%%

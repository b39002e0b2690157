//! Sets of numbers of variables.

ghost use Rattle.std.specs.Prelude.{◌≡◌, [], nat_eq, OnOk};
ghost use Rattle.ep_threats.specs.Threatened.{Adds, has};

use ep_base::NoMemory;
use std::alloc::{AllocError, Global};
use std::collections::HashSet;
use std::marker::Model;

/// Numbers of variables, in no order.
pub(crate) struct Numbers {
    all: HashSet<u32>,
}

impl Model for Numbers {
    ghost use Rattle.std.specs.Prelude.{List, ℕ};

    ghost Value = { List ℕ };

    ghost view = { λ n. n.all.keys };
}

impl Drop for Numbers {
    fn drop(self) {
        let Numbers { all: _ } = self;
    }
}

impl Numbers {
    /// None. It takes no memory.
    pub(crate) fn new(alloc: Global) -> Numbers
        ensures { result ≡ [] }
    {
        Numbers {
            all: HashSet::new(alloc),
        }
    }

    /// Whether one is among them.
    pub(crate) fn has(&self, number: u32) -> bool
        ensures { result ≡ has self.now number }
    {
        self.all.contains(&number)
    }

    /// One more, where it is not there.
    pub(crate) fn add(&mut self, number: u32) -> Result<(), NoMemory>
        ensures { OnOk result (Adds (λ n. nat_eq n number) self.old self.new) }
    {
        match self.all.insert(number) {
            Ok(_) => Ok(()),
            Err(refused) => Err(AllocError::from(refused)),
        }
    }
}
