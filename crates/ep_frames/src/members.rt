//! What stands for a set.

/// The members of a set. Each word tells of 32 ordinals, of the least one in its lowest bit.
#[derive(Clone, Copy, Drop)]
pub struct Members {
    /// The words, the one of the least ordinals first.
    pub words: [u32; 8],
}
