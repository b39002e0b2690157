//! The routines that the code of a unit may call, and their formal parameters.

ghost use Rattle.std.specs.Prelude.{◌≡◌};
ghost use Rattle.std.specs.Option.{option_copied};
ghost use Rattle.ep_threats.specs.Callees.{callees_in, callees_of, formals_at, heading_among};

use ep_base::Name;
use ep_typed::{Formal, Interface, UnitRoutine};

/// The routines that the code of a unit may call: its own, by number, and those of the headings that it is given (ISO
/// 10206, 6.11.2).
#[derive(Clone, Copy)]
pub struct Callees<'a> {
    /// The unit's own.
    pub own: &'a [UnitRoutine],
    /// The headings of other units.
    pub given: &'a [Interface],
}

/// The heading of the unit of this name.
fn heading_among<'a>(given: &'a [Interface], unit: &Name) -> Option<&'a Interface>
    ensures { option_copied result ≡ heading_among given.now unit.now }
{
    for heading in given {
        if unit.bytes() == heading.module.bytes() {
            return Some(heading);
        }
    }
    None
}

impl<'a> Callees<'a> {
    /// These routines.
    pub fn of(own: &'a [UnitRoutine], given: &'a [Interface]) -> Callees<'a>
        ensures { callees_of result ≡ callees_in own.now given.now }
    {
        Callees { own, given }
    }

    /// The formal parameters of the routine of this number of the unit of this name, where there is one.
    pub(crate) fn formals(&self, unit: &Name, number: u32) -> &'a [Formal]
        ensures { result.now ≡ formals_at (callees_of self.now) unit.now number }
    {
        match heading_among(self.given, unit) {
            Some(heading) => match heading.routines.items().get(number as usize) {
                None => &[],
                Some(routine) => routine.formals.items(),
            },
            None => match self.own.get(number as usize) {
                None => &[],
                Some(routine) => routine.formals.items(),
            },
        }
    }
}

%%

» **TASK DIRECTIONS**: From the entries above, select each line containing the string "that".

» **SOLUTION FOR THIS TASK**:
//! The routines that the code of a unit may call, and their formal parameters.
/// The routines that the code of a unit may call: its own, by number, and those of the headings that it is given (ISO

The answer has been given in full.